(Beginning of INPUT DATA)

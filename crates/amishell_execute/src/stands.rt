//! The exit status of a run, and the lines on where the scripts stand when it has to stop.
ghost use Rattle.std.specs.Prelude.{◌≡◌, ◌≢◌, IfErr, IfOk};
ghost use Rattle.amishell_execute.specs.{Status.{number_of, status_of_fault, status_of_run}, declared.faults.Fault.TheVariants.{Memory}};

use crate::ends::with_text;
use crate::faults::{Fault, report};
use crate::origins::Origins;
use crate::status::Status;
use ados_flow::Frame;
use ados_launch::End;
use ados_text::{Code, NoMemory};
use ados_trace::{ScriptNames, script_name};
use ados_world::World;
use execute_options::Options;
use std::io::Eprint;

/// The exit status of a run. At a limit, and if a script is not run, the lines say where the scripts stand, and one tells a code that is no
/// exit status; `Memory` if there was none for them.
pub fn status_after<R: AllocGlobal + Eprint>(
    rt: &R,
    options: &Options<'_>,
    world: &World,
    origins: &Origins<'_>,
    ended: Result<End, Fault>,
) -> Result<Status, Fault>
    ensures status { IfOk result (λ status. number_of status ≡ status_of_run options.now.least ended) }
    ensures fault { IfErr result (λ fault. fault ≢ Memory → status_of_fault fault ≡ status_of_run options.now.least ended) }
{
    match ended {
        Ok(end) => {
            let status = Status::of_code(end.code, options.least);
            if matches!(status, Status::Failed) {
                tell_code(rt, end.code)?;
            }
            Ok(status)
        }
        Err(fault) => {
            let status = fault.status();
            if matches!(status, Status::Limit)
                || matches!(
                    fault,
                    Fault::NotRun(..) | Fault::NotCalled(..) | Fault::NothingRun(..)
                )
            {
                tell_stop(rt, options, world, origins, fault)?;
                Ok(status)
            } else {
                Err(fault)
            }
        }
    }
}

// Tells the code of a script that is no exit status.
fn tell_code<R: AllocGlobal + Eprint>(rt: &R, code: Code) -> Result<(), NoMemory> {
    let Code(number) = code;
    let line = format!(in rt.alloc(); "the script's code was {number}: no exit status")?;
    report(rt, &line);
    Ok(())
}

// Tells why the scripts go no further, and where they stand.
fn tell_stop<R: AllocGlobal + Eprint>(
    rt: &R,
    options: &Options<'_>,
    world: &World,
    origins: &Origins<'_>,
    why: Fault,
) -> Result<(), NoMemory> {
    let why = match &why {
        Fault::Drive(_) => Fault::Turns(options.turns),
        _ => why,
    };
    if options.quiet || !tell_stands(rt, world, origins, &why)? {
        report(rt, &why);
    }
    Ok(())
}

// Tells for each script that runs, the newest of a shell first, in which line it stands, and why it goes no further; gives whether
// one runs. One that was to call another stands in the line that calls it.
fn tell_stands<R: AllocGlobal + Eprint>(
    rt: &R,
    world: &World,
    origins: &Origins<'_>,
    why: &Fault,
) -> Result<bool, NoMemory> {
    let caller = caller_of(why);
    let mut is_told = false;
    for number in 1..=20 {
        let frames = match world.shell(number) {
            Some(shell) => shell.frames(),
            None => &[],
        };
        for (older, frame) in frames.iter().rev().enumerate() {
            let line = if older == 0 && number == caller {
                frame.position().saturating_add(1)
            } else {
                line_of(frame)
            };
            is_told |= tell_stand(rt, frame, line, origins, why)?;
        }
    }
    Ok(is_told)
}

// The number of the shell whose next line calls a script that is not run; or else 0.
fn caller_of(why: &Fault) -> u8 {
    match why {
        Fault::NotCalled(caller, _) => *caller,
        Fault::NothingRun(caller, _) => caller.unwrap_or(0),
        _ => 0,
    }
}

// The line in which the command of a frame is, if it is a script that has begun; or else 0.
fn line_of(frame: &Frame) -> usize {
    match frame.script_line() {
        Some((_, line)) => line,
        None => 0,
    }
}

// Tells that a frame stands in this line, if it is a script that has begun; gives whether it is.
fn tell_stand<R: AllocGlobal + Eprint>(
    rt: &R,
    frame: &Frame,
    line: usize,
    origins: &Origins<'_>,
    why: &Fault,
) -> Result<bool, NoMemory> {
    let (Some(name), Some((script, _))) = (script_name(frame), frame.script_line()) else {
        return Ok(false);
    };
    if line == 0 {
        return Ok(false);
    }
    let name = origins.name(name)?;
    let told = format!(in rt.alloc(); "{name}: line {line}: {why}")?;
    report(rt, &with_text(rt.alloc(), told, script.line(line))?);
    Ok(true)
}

(End of INPUT DATA)

§ **ABOUT THIS TASK**: Every entry should be printed again exactly as written.

§ **SOLVED EXERCISE**:
filename crates/amishell_execute/src/stands.rt
//! The exit status of a run, and the lines on where the scripts stand when it has to stop.
ghost use Rattle.std.specs.Prelude.{◌≡◌, ◌≢◌, IfErr, IfOk};
ghost use Rattle.amishell_execute.specs.{Status.{number_of, status_of_fault, status_of_run}, declared.faults.Fault.TheVariants.{Memory}};

use crate::ends::with_text;
use crate::faults::{Fault, report};
use crate::origins::Origins;
use crate::status::Status;
use ados_flow::Frame;
use ados_launch::End;
use ados_text::{Code, NoMemory};
use ados_trace::{ScriptNames, script_name};
use ados_world::World;
use execute_options::Options;
use std::io::Eprint;

/// The exit status of a run. At a limit, and if a script is not run, the lines say where the scripts stand, and one tells a code that is no
/// exit status; `Memory` if there was none for them.
pub fn status_after<R: AllocGlobal + Eprint>(
    rt: &R,
    options: &Options<'_>,
    world: &World,
    origins: &Origins<'_>,
    ended: Result<End, Fault>,
) -> Result<Status, Fault>
    ensures status { IfOk result (λ status. number_of status ≡ status_of_run options.now.least ended) }
    ensures fault { IfErr result (λ fault. fault ≢ Memory → status_of_fault fault ≡ status_of_run options.now.least ended) }
{
    match ended {
        Ok(end) => {
            let status = Status::of_code(end.code, options.least);
            if matches!(status, Status::Failed) {
                tell_code(rt, end.code)?;
            }
            Ok(status)
        }
        Err(fault) => {
            let status = fault.status();
            if matches!(status, Status::Limit)
                || matches!(
                    fault,
                    Fault::NotRun(..) | Fault::NotCalled(..) | Fault::NothingRun(..)
                )
            {
                tell_stop(rt, options, world, origins, fault)?;
                Ok(status)
            } else {
                Err(fault)
            }
        }
    }
}

// Tells the code of a script that is no exit status.
fn tell_code<R: AllocGlobal + Eprint>(rt: &R, code: Code) -> Result<(), NoMemory> {
    let Code(number) = code;
    let line = format!(in rt.alloc(); "the script's code was {number}: no exit status")?;
    report(rt, &line);
    Ok(())
}

// Tells why the scripts go no further, and where they stand.
fn tell_stop<R: AllocGlobal + Eprint>(
    rt: &R,
    options: &Options<'_>,
    world: &World,
    origins: &Origins<'_>,
    why: Fault,
) -> Result<(), NoMemory> {
    let why = match &why {
        Fault::Drive(_) => Fault::Turns(options.turns),
        _ => why,
    };
    if options.quiet || !tell_stands(rt, world, origins, &why)? {
        report(rt, &why);
    }
    Ok(())
}

// Tells for each script that runs, the newest of a shell first, in which line it stands, and why it goes no further; gives whether
// one runs. One that was to call another stands in the line that calls it.
fn tell_stands<R: AllocGlobal + Eprint>(
    rt: &R,
    world: &World,
    origins: &Origins<'_>,
    why: &Fault,
) -> Result<bool, NoMemory> {
    let caller = caller_of(why);
    let mut is_told = false;
    for number in 1..=20 {
        let frames = match world.shell(number) {
            Some(shell) => shell.frames(),
            None => &[],
        };
        for (older, frame) in frames.iter().rev().enumerate() {
            let line = if older == 0 && number == caller {
                frame.position().saturating_add(1)
            } else {
                line_of(frame)
            };
            is_told |= tell_stand(rt, frame, line, origins, why)?;
        }
    }
    Ok(is_told)
}

// The number of the shell whose next line calls a script that is not run; or else 0.
fn caller_of(why: &Fault) -> u8 {
    match why {
        Fault::NotCalled(caller, _) => *caller,
        Fault::NothingRun(caller, _) => caller.unwrap_or(0),
        _ => 0,
    }
}

// The line in which the command of a frame is, if it is a script that has begun; or else 0.
fn line_of(frame: &Frame) -> usize {
    match frame.script_line() {
        Some((_, line)) => line,
        None => 0,
    }
}

// Tells that a frame stands in this line, if it is a script that has begun; gives whether it is.
fn tell_stand<R: AllocGlobal + Eprint>(
    rt: &R,
    frame: &Frame,
    line: usize,
    origins: &Origins<'_>,
    why: &Fault,
) -> Result<bool, NoMemory> {
    let (Some(name), Some((script, _))) = (script_name(frame), frame.script_line()) else {
        return Ok(false);
    };
    if line == 0 {
        return Ok(false);
    }
    let name = origins.name(name)?;
    let told = format!(in rt.alloc(); "{name}: line {line}: {why}")?;
    report(rt, &with_text(rt.alloc(), told, script.line(line))?);
    Ok(true)
}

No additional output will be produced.